» **Data extracts**
//! Nodes as bytes, each written into one buffer made to its measure.

ghost use Rattle.std.specs.Prelude.{◌≡◌, ◌<◌, ◌^◌, ◌++◌, length, take, IfOk, OnOk, OnErr};
ghost use Rattle.tuple_codec.specs.Nodes.{IsItem, IsNode, header_bytes, item_bytes, kind_of, leaf_item, node_bytes, sized};
ghost use Rattle.std.specs.Int.{w16, w64, to_be_bytes};
ghost use Rattle.node_format.specs.Views.{inner_node, leaf_node, leaf_of, ref_of};

use crate::items::{LeafItem, RefItem};
use byteorder::{BigEndian, ByteOrder};
use std::alloc::{AllocError, Global};
use tuple_codec::{Address, Blob};

/// The bytes of the leaf with these items. Their keys rise strictly by bytes; there may be none.
pub fn write_leaf(alloc: Global, items: &[LeafItem]) -> Result<Blob, AllocError>
    requires { IsNode (leaf_node items.now) }
    ensures { IfOk result (λ bytes. bytes ≡ node_bytes (leaf_node items.now)) }
{
    let mut out = Vec::with_capacity(alloc, leaf_size(items))?;
    push_header(&mut out, 0, items.len() as u16)?;
    for item in items {
        push_leaf(&mut out, item)?;
    }
    Ok(Blob::from_vec(out))
}

/// The bytes of the inner node of this level, above 0, with these items. Their keys rise strictly by bytes, there is at
/// least one, and each has a row below.
pub fn write_inner(alloc: Global, level: u8, items: &[RefItem]) -> Result<Blob, AllocError>
    requires level { 0 < level }
    requires node { IsNode (inner_node level items.now) }
    ensures { IfOk result (λ bytes. bytes ≡ node_bytes (inner_node level items.now)) }
{
    let mut out = Vec::with_capacity(alloc, inner_size(level, items))?;
    push_header(&mut out, level, items.len() as u16)?;
    for item in items {
        push_ref(&mut out, item)?;
    }
    Ok(Blob::from_vec(out))
}

/// How many bytes the leaf with these items has, for its buffer.
fn leaf_size(items: &[LeafItem]) -> usize
    requires { IsNode (leaf_node items.now) }
    ensures { result ≡ length (node_bytes (leaf_node items.now)) }
{
    let mut size = 4;
    for item in items {
        size += leaf_item_size(item);
    }
    size
}

fn leaf_item_size(item: &LeafItem) -> usize
    requires { IsItem 0 (leaf_of item.now) }
    ensures size { result ≡ length (item_bytes 0 (leaf_of item.now)) }
    ensures bound { result < 2 ^ 18 }
{
    row_size(item.key.as_slice(), item.value.as_slice()) as usize
}

/// How many bytes a row takes in a leaf.
pub fn row_size(key: &[u8], value: &[u8]) -> u32
    requires { length (item_bytes 0 (leaf_item key.now value.now)) < 2 ^ 18 }
    ensures size { result ≡ length (item_bytes 0 (leaf_item key.now value.now)) }
    ensures bound { result < 2 ^ 18 }
{
    (4 + key.len() + value.len()) as u32
}

/// How many bytes the inner node with these items has, for its buffer.
fn inner_size(level: u8, items: &[RefItem]) -> usize
    requires level { 0 < level }
    requires node { IsNode (inner_node level items.now) }
    ensures { result ≡ length (node_bytes (inner_node level items.now)) }
{
    let mut size = 4;
    for item in items {
        size += name_size(item) as usize;
    }
    size
}

/// How many bytes a name takes in an inner node.
pub fn name_size(item: &RefItem) -> u32
    requires { IsItem 1 (ref_of item.now) }
    ensures size { result ≡ length (item_bytes 1 (ref_of item.now)) }
    ensures bound { result < 2 ^ 18 }
{
    (10 + item.key.as_slice().len() + item.address.0.len()) as u32
}

fn push_header(out: &mut Vec<u8>, level: u8, count: u16) -> Result<(), AllocError>
    ensures { OnOk result (out.new.items ≡ out.old.items ++ header_bytes level count) }
{
    out.push(kind_of(level))?;
    out.push(level)?;
    push_u16(out, count)
}

pub(crate) fn kind_of(level: u8) -> u8
    ensures { result ≡ kind_of level }
{
    match level {
        0 => 1,
        _ => 2,
    }
}

fn push_leaf(out: &mut Vec<u8>, item: &LeafItem) -> Result<(), AllocError>
    requires { IsItem 0 (leaf_of item.now) }
    ensures { OnOk result (out.new.items ≡ out.old.items ++ item_bytes 0 (leaf_of item.now)) }
{
    push_row(out, item.key.as_slice(), item.value.as_slice())
}

fn push_ref(out: &mut Vec<u8>, item: &RefItem) -> Result<(), AllocError>
    requires { IsItem 1 (ref_of item.now) }
    ensures { OnOk result (out.new.items ≡ out.old.items ++ item_bytes 1 (ref_of item.now)) }
{
    push_name(out, item.key.as_slice(), &item.address, item.rows)
}

/// Writes a leaf's item; after a refusal what was there still is, at the front.
pub(crate) fn push_row(out: &mut Vec<u8>, key: &[u8], value: &[u8]) -> Result<(), AllocError>
    requires { IsItem 0 (leaf_item key.now value.now) }
    ensures ok { OnOk result (out.new.items ≡ out.old.items ++ item_bytes 0 (leaf_item key.now value.now)) }
    ensures err { OnErr result (take (length out.old.items) out.new.items ≡ out.old.items) }
{
    push_sized(out, key)?;
    push_sized(out, value)
}

/// Writes an inner node's item; after a refusal what was there still is, at the front.
pub(crate) fn push_name(
    out: &mut Vec<u8>,
    key: &[u8],
    address: &Address,
    rows: u64,
) -> Result<(), AllocError>
    requires { IsItem 1 (record { key = key.now; body = address.now.0; rows = rows }) }
    ensures ok { OnOk result (out.new.items ≡ out.old.items ++ item_bytes 1 (record { key = key.now; body = address.now.0; rows = rows })) }
    ensures err { OnErr result (take (length out.old.items) out.new.items ≡ out.old.items) }
{
    push_sized(out, key)?;
    out.extend_from_slice(&address.0)?;
    push_u64(out, rows)
}

/// A length and the bytes.
fn push_sized(out: &mut Vec<u8>, bytes: &[u8]) -> Result<(), AllocError>
    requires { length bytes.now < 2 ^ 16 }
    ensures err { OnErr result (take (length out.old.items) out.new.items ≡ out.old.items) }
    ensures ok { OnOk result (out.new.items ≡ out.old.items ++ sized bytes.now) }
{
    push_u16(out, bytes.len() as u16)?;
    out.extend_from_slice(bytes)
}

fn push_u16(out: &mut Vec<u8>, number: u16) -> Result<(), AllocError>
    ensures err { OnErr result (out.new.items ≡ out.old.items) }
    ensures ok { OnOk result (out.new.items ≡ out.old.items ++ to_be_bytes w16 number) }
{
    let mut bytes = [0; 2];
    BigEndian::write_u16(&mut bytes, number);
    out.extend_from_slice(&bytes)
}

fn push_u64(out: &mut Vec<u8>, number: u64) -> Result<(), AllocError>
    ensures err { OnErr result (out.new.items ≡ out.old.items) }
    ensures ok { OnOk result (out.new.items ≡ out.old.items ++ to_be_bytes w64 number) }
{
    let mut bytes = [0; 8];
    BigEndian::write_u64(&mut bytes, number);
    out.extend_from_slice(&bytes)
}
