//! A region: pieces of bytes, placed one after another and undone from the end.

ghost use Rattle.std.specs.Prelude.{◌≡◌, ◌+◌, ◌-◌, ◌≤◌, ◌<◌, true, [], ◌∷◌, ◌++◌, length, max, take, min, IfOk, IsOk, OnOk, OnErr, if◌then◌else◌};
ghost use Rattle.std.specs.Vec.{vec_capacity};
ghost use Rattle.chunk_region.specs.Holding.{IsSame, TakesAtMostOne, all_pages};
ghost use Rattle.chunk_region.specs.Pages.{AllBefore, IsLater, IsWritten, Keeps, KeepsBefore, LeadsBack, Stands, cut, cut_pages, has_room, mark_of, on_last_page, place_on, write_on_last};

use crate::page::{PAGE_BYTES, Page};
use crate::pool::fill;
use crate::shared::{PageList, SharedPage};
use crate::{Mark, PagePool, Sealed, SharedPages, Span};
use std::alloc::AllocError;
use std::marker::Model;

/// Pieces of bytes over a pool of pages. A contract sees the bytes written on each page and the numbers of pages.
///
/// A piece lies in one page, behind the piece before it where there is room. A region that has 2^32 - 1 pages answers
/// want of memory in place of one more.
#[derive(Drop)]
pub struct Region {
    /// The pages in use, and behind them the free ones.
    pages: Vec<Page>,
    used: usize,
    /// An empty list, for the free pages when the region is sealed.
    spare: Vec<Page>,
}

impl Model for Region {
    ghost use Rattle.std.specs.Prelude.{◌≡◌, ◌-◌, ◌<◌, ◌≤◌, ◌^◌, [], length, take};
    ghost use Rattle.std.specs.Vec.{vec_capacity};
    ghost use Rattle.chunk_region.specs.Holding.{Holding};

    ghost Value = { Holding };

    ghost view = { λ region. record { pages = take region.used region.pages.items; free = length region.pages.items - region.used; taken = region.used; room = vec_capacity region.spare } };

    ghost invariant = { λ region. (region.used ≤ length region.pages.items) × (length region.pages.items < 2 ^ 32) × (region.spare.items ≡ []) };
}

/// The bytes of the piece that `span` names, or a part of one.
pub(crate) fn read(pages: &[Page], span: Span) -> &[u8]
    requires { IsWritten pages.now span }
    ensures { Stands pages.now span result.now }
{
    let page = &pages[span.page as usize];
    let bytes = page.as_slice();
    let start = span.start as usize;
    &bytes[start..start + span.len as usize]
}

impl Region {
    /// A region that holds nothing, over the pool's free pages.
    pub fn new(pool: PagePool) -> Region
        ensures { result ≡ record { pages = []; free = pool.free; taken = 0; room = pool.room } }
    {
        let PagePool { pages, spare } = pool;
        Region {
            pages,
            used: 0,
            spare,
        }
    }

    /// Copies `bytes` into the region; the span names them until a mark taken before is gone back to.
    ///
    /// It takes no memory while the pool has a free page.
    pub fn place(&mut self, bytes: &[u8]) -> Result<Span, AllocError>
        requires { length bytes.now ≤ 65536 }
        ensures stands { IfOk result (λ span. Stands self.new.pages span bytes.now) }
        ensures length { IfOk result (λ span. span.len ≡ length bytes.now) }
        ensures exact { OnOk result (self.new.pages ≡ place_on bytes.now self.old.pages) }
        ensures later { IsLater self.old.pages self.new.pages }
        ensures keeps { Keeps self.old.pages self.new.pages }
        ensures pages { TakesAtMostOne self.old self.new }
        ensures same { OnErr result (IsSame self.old self.new) }
        ensures room { self.old.room ≤ self.new.room }
        ensures succeeds { 0 < self.old.free → IsOk result }
    {
        self.make_room(bytes.len())?;
        Ok(self.write(bytes))
    }

    /// Takes a page to write on, if so many bytes more have no room on the last one.
    fn make_room(&mut self, more: usize) -> Result<(), AllocError>
        requires { more ≤ 65536 }
        ensures pages { OnOk result (self.new.pages ≡ (if has_room more self.old.pages then self.old.pages else self.old.pages ++ [] ∷ [])) }
        ensures has { OnOk result (has_room more self.new.pages ≡ true) }
        ensures counts { TakesAtMostOne self.old self.new }
        ensures same { OnErr result (IsSame self.old self.new) }
        ensures room { self.old.room ≤ self.new.room }
        ensures succeeds { 0 < self.old.free → IsOk result }
    {
        if self.has_room(more) {
            return Ok(());
        }
        self.open_page()
    }

    /// Whether so many bytes more have room on the last page.
    fn has_room(&self, more: usize) -> bool
        requires { more ≤ 65536 }
        ensures { result ≡ has_room more self.now.pages }
    {
        self.used > 0 && on_last(&self.pages, self.used) + more <= PAGE_BYTES
    }

    /// Takes a page to write on.
    fn open_page(&mut self) -> Result<(), AllocError>
        ensures pages { OnOk result (self.new.pages ≡ self.old.pages ++ [] ∷ []) }
        ensures taken { OnOk result (self.new.taken ≡ self.old.taken + 1) }
        ensures counts { TakesAtMostOne self.old self.new }
        ensures same { OnErr result (IsSame self.old self.new) }
        ensures room { self.old.room ≤ self.new.room }
        ensures succeeds { 0 < self.old.free → IsOk result }
    {
        if self.used == self.pages.len() {
            self.make_page()?;
        }
        empty(&mut self.pages, self.used);
        self.used += 1;
        Ok(())
    }

    /// Makes one free page more.
    fn make_page(&mut self) -> Result<(), AllocError>
        ensures pages { self.new.pages ≡ self.old.pages }
        ensures taken { self.new.taken ≡ self.old.taken }
        ensures ok { OnOk result (self.new.free ≡ self.old.free + 1) }
        ensures err { OnErr result (self.new.free ≡ self.old.free) }
        ensures room { self.old.room ≤ self.new.room }
    {
        let count = self.pages.len();
        if count >= u32::MAX as usize {
            return Err(AllocError);
        }
        fill(&mut self.pages, &mut self.spare, count + 1)
    }

    /// Writes on the room that the last page has.
    fn write(&mut self, bytes: &[u8]) -> Span
        requires { has_room (length bytes.now) self.old.pages ≡ true }
        ensures pages { self.new.pages ≡ write_on_last bytes.now self.old.pages }
        ensures span { result ≡ record { page = length self.old.pages - 1; start = on_last_page self.old.pages; len = length bytes.now } }
        ensures free { self.new.free ≡ self.old.free }
        ensures taken { self.new.taken ≡ self.old.taken }
        ensures room { self.new.room ≡ self.old.room }
    {
        let start = write_last(&mut self.pages, self.used, bytes);
        Span {
            page: (self.used - 1) as u32,
            start: start as u32,
            len: bytes.len() as u32,
        }
    }

    /// The bytes that were placed at `span`, in constant time.
    pub fn bytes(&self, span: Span) -> &[u8]
        requires { IsWritten self.now.pages span }
        ensures { Stands self.now.pages span result.now }
    {
        read(&self.pages, span)
    }

    /// A copy of what was placed, to be read by the same spans, on pages of just the size of what is written on them.
    pub fn shared_copy(&self) -> Result<SharedPages, AllocError>
        ensures { IfOk result (λ copy. copy ≡ self.now.pages) }
    {
        let alloc = *self.pages.allocator();
        let mut pages = PageList::with_capacity(alloc, self.used)?;
        for at in 0..self.used {
            let page = &self.pages[at];
            pages.push(SharedPage::copy_of(alloc, page.as_slice())?)?;
        }
        Ok(SharedPages { pages })
    }

    /// Where the writing ends now, to go back to.
    pub fn mark(&self) -> Mark
        ensures at { result ≡ mark_of self.now.pages }
        ensures before { AllBefore result self.now.pages }
    {
        Mark {
            pages: self.used,
            last: on_last(&self.pages, self.used),
        }
    }

    /// What every region has, for proofs: it has taken the pages that are written on, and no other. It does nothing.
    pub fn tell(&self)
        ensures { self.now.taken ≡ length self.now.pages }
    {
        let _pages = &self.pages;
    }

    /// Undoes what was placed after `mark` was taken: all that was placed before stays.
    pub fn back_to(&mut self, mark: Mark)
        ensures cut { self.new.pages ≡ cut mark self.old.pages }
        ensures back { LeadsBack mark self.old.pages self.new.pages }
        ensures stays { KeepsBefore mark self.old.pages self.new.pages }
        ensures pages { all_pages self.new ≡ all_pages self.old }
        ensures taken { self.new.taken ≡ min mark.pages self.old.taken }
        ensures room { self.new.room ≡ self.old.room }
    {
        if self.used < mark.pages {
            return;
        }
        self.used = mark.pages;
        cut_last(&mut self.pages, mark.pages, mark.last);
    }

    /// Undoes all that was placed.
    pub fn clear(&mut self)
        ensures pages { self.new.pages ≡ [] }
        ensures free { self.new.free ≡ all_pages self.old }
        ensures taken { self.new.taken ≡ 0 }
        ensures room { self.new.room ≡ self.old.room }
    {
        self.used = 0;
    }

    /// How many pages of the pool are free.
    pub fn free_pages(&self) -> u32
        ensures { result ≡ self.now.free }
    {
        (self.pages.len() - self.used) as u32
    }

    /// Raises the pool's free pages to `n` where they are fewer, or changes nothing.
    pub fn refill(&mut self, n: u32) -> Result<(), AllocError>
        ensures pages { self.new.pages ≡ self.old.pages }
        ensures taken { self.new.taken ≡ self.old.taken }
        ensures raised { OnOk result (self.new.free ≡ max self.old.free n) }
        ensures lists { OnOk result (self.new.free ≤ self.new.room) }
        ensures same { OnErr result (self.new.free ≡ self.old.free) }
        ensures room { self.old.room ≤ self.new.room }
    {
        let count = self.pages.len().max(self.used + n as usize);
        if count > u32::MAX as usize {
            return Err(AllocError);
        }
        fill(&mut self.pages, &mut self.spare, count)
    }

    /// Gives up all that was placed, and gives back the pool with all its pages free.
    pub fn release(self) -> PagePool
        ensures free { result.free ≡ all_pages self }
        ensures room { result.room ≡ self.room }
    {
        let Region { pages, spare, .. } = self;
        PagePool { pages, spare }
    }

    /// Keeps what was placed, to be read by the same spans, and gives back the pool with the pages not in use.
    ///
    /// It takes no memory. Where the list for those pages wasn't made beforehand, as it is by `with_pages` and `refill`
    /// and whenever a page is made, pages that it has no room for are given up.
    pub fn seal(self) -> (Sealed, PagePool)
        ensures kept { result.0 ≡ self.pages }
        ensures pool { self.free ≤ self.room → result.1.free ≡ self.free }
        ensures most { result.1.free ≤ self.free }
    {
        let Region {
            mut pages,
            used,
            mut spare,
        } = self;
        let alloc = *pages.allocator();
        move_free(&mut pages, used, &mut spare);
        let pool = PagePool {
            pages: spare,
            spare: Vec::new(alloc),
        };
        (Sealed { pages }, pool)
    }
}

/// How many bytes are written on the last of the pages in use: none where none is.
fn on_last(pages: &[Page], used: usize) -> usize
    requires { used ≤ length pages.now }
    ensures count { result ≡ on_last_page (take used pages.now) }
    ensures most { result ≤ 65536 }
{
    if used == 0 {
        return 0;
    }
    let page = &pages[used - 1];
    page.len()
}

/// Empties a page.
fn empty(pages: &mut Vec<Page>, at: usize)
    requires { at < length pages.old.items }
    ensures pages { take (at + 1) pages.new.items ≡ take at pages.old.items ++ [] ∷ [] }
    ensures count { length pages.new.items ≡ length pages.old.items }
{
    let page = &mut pages[at];
    page.cut(0);
}

/// Writes at the end of the last of the pages in use; from which byte on.
fn write_last(pages: &mut Vec<Page>, used: usize, bytes: &[u8]) -> usize
    requires used { used ≤ length pages.old.items }
    requires room { has_room (length bytes.now) (take used pages.old.items) ≡ true }
    ensures pages { take used pages.new.items ≡ write_on_last bytes.now (take used pages.old.items) }
    ensures count { length pages.new.items ≡ length pages.old.items }
    ensures start { result ≡ on_last_page (take used pages.old.items) }
    ensures most { result ≤ 65536 }
{
    let page = &mut pages[used - 1];
    let start = page.len();
    page.add(bytes);
    start
}

/// Cuts the last of the pages in use.
fn cut_last(pages: &mut Vec<Page>, used: usize, last: usize)
    requires { used ≤ length pages.old.items }
    ensures pages { take used pages.new.items ≡ cut_pages used last pages.old.items }
    ensures count { length pages.new.items ≡ length pages.old.items }
{
    if used == 0 {
        return;
    }
    let page = &mut pages[used - 1];
    page.cut(last);
}

/// Moves the pages not in use into a list, as many as it has room for or finds memory for.
fn move_free(pages: &mut Vec<Page>, used: usize, free: &mut Vec<Page>)
    requires used { used ≤ length pages.old.items }
    requires none { free.old.items ≡ [] }
    ensures kept { pages.new.items ≡ take used pages.old.items }
    ensures all { length pages.old.items - used ≤ vec_capacity free.old → length free.new.items ≡ length pages.old.items - used }
    ensures most { length free.new.items ≤ length pages.old.items - used }
{
    'pages: while pages.len() > used {
        if let Some(page) = pages.pop() {
            keep(free, page);
        }
    }
}

/// Puts a page into a list, if that has room or finds memory.
fn keep(pages: &mut Vec<Page>, page: Page)
    ensures kept { length pages.old.items < vec_capacity pages.old → length pages.new.items ≡ length pages.old.items + 1 }
    ensures most { length pages.new.items ≤ length pages.old.items + 1 }
    ensures room { vec_capacity pages.old ≤ vec_capacity pages.new }
{
    let _given_up = pages.push(page);
}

» **What the task requires**
Would you retype exactly the lines above, from the line with "let page = &pages[used - 1];" to the line with "finds memory for.", with both end lines kept and nothing more?

» **Answer space**
    let page = &pages[used - 1];
    page.len()
}

/// Empties a page.
fn empty(pages: &mut Vec<Page>, at: usize)
    requires { at < length pages.old.items }
    ensures pages { take (at + 1) pages.new.items ≡ take at pages.old.items ++ [] ∷ [] }
    ensures count { length pages.new.items ≡ length pages.old.items }
{
    let page = &mut pages[at];
    page.cut(0);
}

/// Writes at the end of the last of the pages in use; from which byte on.
fn write_last(pages: &mut Vec<Page>, used: usize, bytes: &[u8]) -> usize
    requires used { used ≤ length pages.old.items }
    requires room { has_room (length bytes.now) (take used pages.old.items) ≡ true }
    ensures pages { take used pages.new.items ≡ write_on_last bytes.now (take used pages.old.items) }
    ensures count { length pages.new.items ≡ length pages.old.items }
    ensures start { result ≡ on_last_page (take used pages.old.items) }
    ensures most { result ≤ 65536 }
{
    let page = &mut pages[used - 1];
    let start = page.len();
    page.add(bytes);
    start
}

/// Cuts the last of the pages in use.
fn cut_last(pages: &mut Vec<Page>, used: usize, last: usize)
    requires { used ≤ length pages.old.items }
    ensures pages { take used pages.new.items ≡ cut_pages used last pages.old.items }
    ensures count { length pages.new.items ≡ length pages.old.items }
{
    if used == 0 {
        return;
    }
    let page = &mut pages[used - 1];
    page.cut(last);
}

/// Moves the pages not in use into a list, as many as it has room for or finds memory for.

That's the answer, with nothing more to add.